Hey all, I built my car like a hopper, but i never intended to hop it but hey ho we all know how the story goes... the only thing i haven't changed yet is the Upper A-arms i have some reinforced stock ones on it right now and i have some 1" extended ones ready to go in it but before i fit them up is there anything i should be aware of, i like my car to sit low so that may be an issue as i'm running 14" wheels for driveablity they may not tuck under the arch anymore but is there anything else, no matter how obvious ?


----------



## Classic Customs (Oct 31, 2008)

i drive a 64 impala to and from my shop everyday with 1.5 extended arms on 13's. they just wear a tad more than if they were stock. 

remember you can always shim them back in with factory shims.


----------



## Classic Customs (Oct 31, 2008)

and get 13's you crazy cracker.


----------



## Unity_Jon (Oct 9, 2002)

> _Originally posted by Classic Customs_@May 10 2010, 04:42 AM~17440911
> *and get 13's you crazy cracker.
> *



Its an option as my wheels are begining to look a bit tired, cheap D's for ya ! 

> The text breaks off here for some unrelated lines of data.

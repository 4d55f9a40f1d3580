//! accepted: statements, initializers, programs: what the definition of checking answers.
ghost use Rattle.std.specs.Prelude.{◌≡◌};
ghost use Rattle.checking_units.specs.Parts.{outcome, accepted};
ghost use Rattle.checking_units.specs.RowsAcceptedStatementsInitializersPrograms1 as rows;

/// accepted: statements, initializers, programs.
pub fn rows_accepted_statements_initializers_programs_1()
    ensures accepted_statements_initializers_programs_1 { outcome rows.accepted_statements_initializers_programs_1 ≡ accepted }
    ensures accepted_statements_initializers_programs_2 { outcome rows.accepted_statements_initializers_programs_2 ≡ accepted }
    ensures accepted_statements_initializers_programs_3 { outcome rows.accepted_statements_initializers_programs_3 ≡ accepted }
    ensures accepted_statements_initializers_programs_4 { outcome rows.accepted_statements_initializers_programs_4 ≡ accepted }
    ensures accepted_statements_initializers_programs_5 { outcome rows.accepted_statements_initializers_programs_5 ≡ accepted }
    ensures accepted_statements_initializers_programs_6 { outcome rows.accepted_statements_initializers_programs_6 ≡ accepted }
    ensures accepted_statements_initializers_programs_7 { outcome rows.accepted_statements_initializers_programs_7 ≡ accepted }
    ensures accepted_statements_initializers_programs_8 { outcome rows.accepted_statements_initializers_programs_8 ≡ accepted }
    ensures accepted_statements_initializers_programs_9 { outcome rows.accepted_statements_initializers_programs_9 ≡ accepted }
    ensures accepted_statements_initializers_programs_10 { outcome rows.accepted_statements_initializers_programs_10 ≡ accepted }
    ensures accepted_statements_initializers_programs_11 { outcome rows.accepted_statements_initializers_programs_11 ≡ accepted }
    ensures accepted_statements_initializers_programs_12 { outcome rows.accepted_statements_initializers_programs_12 ≡ accepted }
    ensures accepted_statements_initializers_programs_13 { outcome rows.accepted_statements_initializers_programs_13 ≡ accepted }
    ensures accepted_statements_initializers_programs_14 { outcome rows.accepted_statements_initializers_programs_14 ≡ accepted }
    ensures accepted_statements_initializers_programs_15 { outcome rows.accepted_statements_initializers_programs_15 ≡ accepted }
    ensures accepted_statements_initializers_programs_16 { outcome rows.accepted_statements_initializers_programs_16 ≡ accepted }
    ensures accepted_statements_initializers_programs_17 { outcome rows.accepted_statements_initializers_programs_17 ≡ accepted }
    ensures accepted_statements_initializers_programs_18 { outcome rows.accepted_statements_initializers_programs_18 ≡ accepted }
    ensures accepted_statements_initializers_programs_19 { outcome rows.accepted_statements_initializers_programs_19 ≡ accepted }
    ensures accepted_statements_initializers_programs_20 { outcome rows.accepted_statements_initializers_programs_20 ≡ accepted }
    ensures accepted_statements_initializers_programs_21 { outcome rows.accepted_statements_initializers_programs_21 ≡ accepted }
    ensures accepted_statements_initializers_programs_22 { outcome rows.accepted_statements_initializers_programs_22 ≡ accepted }
    ensures accepted_statements_initializers_programs_23 { outcome rows.accepted_statements_initializers_programs_23 ≡ accepted }
    ensures accepted_statements_initializers_programs_24 { outcome rows.accepted_statements_initializers_programs_24 ≡ accepted }
{}
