//! C35: initializer does not fit the type: what the definition of checking answers.
ghost use Rattle.std.specs.Prelude.{◌≡◌};
ghost use Rattle.checking_units.specs.Parts.{outcome, breaks};
ghost use Rattle.checking_units.specs.RowsC35 as rows;

/// C35: initializer does not fit the type.
pub fn rows_c35()
    ensures c35_1 { outcome rows.c35_1 ≡ breaks 35 13 }
    ensures c35_2 { outcome rows.c35_2 ≡ breaks 35 25 }
    ensures c35_3 { outcome rows.c35_3 ≡ breaks 35 12 }
{}
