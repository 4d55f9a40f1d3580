//! accepted: statements, initializers, programs: what the definition of checking answers.
ghost use Rattle.std.specs.Prelude.{◌≡◌};
ghost use Rattle.checking_units.specs.Parts.{outcome, accepted};
ghost use Rattle.checking_units.specs.RowsAcceptedStatementsInitializersPrograms4 as rows;

/// accepted: statements, initializers, programs.
pub fn rows_accepted_statements_initializers_programs_4()
    ensures accepted_statements_initializers_programs_73 { outcome rows.accepted_statements_initializers_programs_73 ≡ accepted }
    ensures accepted_statements_initializers_programs_74 { outcome rows.accepted_statements_initializers_programs_74 ≡ accepted }
    ensures accepted_statements_initializers_programs_75 { outcome rows.accepted_statements_initializers_programs_75 ≡ accepted }
    ensures accepted_statements_initializers_programs_76 { outcome rows.accepted_statements_initializers_programs_76 ≡ accepted }
    ensures accepted_statements_initializers_programs_77 { outcome rows.accepted_statements_initializers_programs_77 ≡ accepted }
    ensures accepted_statements_initializers_programs_78 { outcome rows.accepted_statements_initializers_programs_78 ≡ accepted }
    ensures accepted_statements_initializers_programs_79 { outcome rows.accepted_statements_initializers_programs_79 ≡ accepted }
    ensures accepted_statements_initializers_programs_80 { outcome rows.accepted_statements_initializers_programs_80 ≡ accepted }
    ensures accepted_statements_initializers_programs_81 { outcome rows.accepted_statements_initializers_programs_81 ≡ accepted }
    ensures accepted_statements_initializers_programs_82 { outcome rows.accepted_statements_initializers_programs_82 ≡ accepted }
    ensures accepted_statements_initializers_programs_83 { outcome rows.accepted_statements_initializers_programs_83 ≡ accepted }
    ensures accepted_statements_initializers_programs_84 { outcome rows.accepted_statements_initializers_programs_84 ≡ accepted }
    ensures accepted_statements_initializers_programs_85 { outcome rows.accepted_statements_initializers_programs_85 ≡ accepted }
    ensures accepted_statements_initializers_programs_86 { outcome rows.accepted_statements_initializers_programs_86 ≡ accepted }
    ensures accepted_statements_initializers_programs_87 { outcome rows.accepted_statements_initializers_programs_87 ≡ accepted }
    ensures accepted_statements_initializers_programs_88 { outcome rows.accepted_statements_initializers_programs_88 ≡ accepted }
    ensures accepted_statements_initializers_programs_89 { outcome rows.accepted_statements_initializers_programs_89 ≡ accepted }
{}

I can see it now, i fit them and shim them back to make the wheel tuck i may as well not have bothered extending them LOL


----------



## red chev (Feb 1, 2006)

their aint none :biggrin: a 1 inch extention is a really nice extension..dont butterfly when locked up looks nice..me i would go 1 1/2...you can always shim back!!


----------



## DirtySanchez (Feb 19, 2006)

my cutlass has caprice uppers ( equal to 1" extension) when I had 13" wire I kept going through tires like crazy... I put 14" wires & never had a problem... I don't like how they look but fuck it, haven't changed a tire yet & it also rides way better... I still like the 13's look.


----------



## cadillacj (Jan 26, 2009)

cons :tire wear


----------



## maladora (Jan 20, 2010)

are there any added benifits for hopping with extended a arms? example: do you get more travel out of your front end with extended arms?


----------



## Unity_Jon (Oct 9, 2002)

> _Originally posted by maladora_@May 10 2010, 10:00 PM~17449922
> *are there any added benifits for hopping with extended a arms? example: do you get more travel out of your front end with extended arms?
> *



As far as i know its all about relieving the stress off the ball joint by not over articulating it, but i've chained my uppers so that does a similar thing, doesnt it ?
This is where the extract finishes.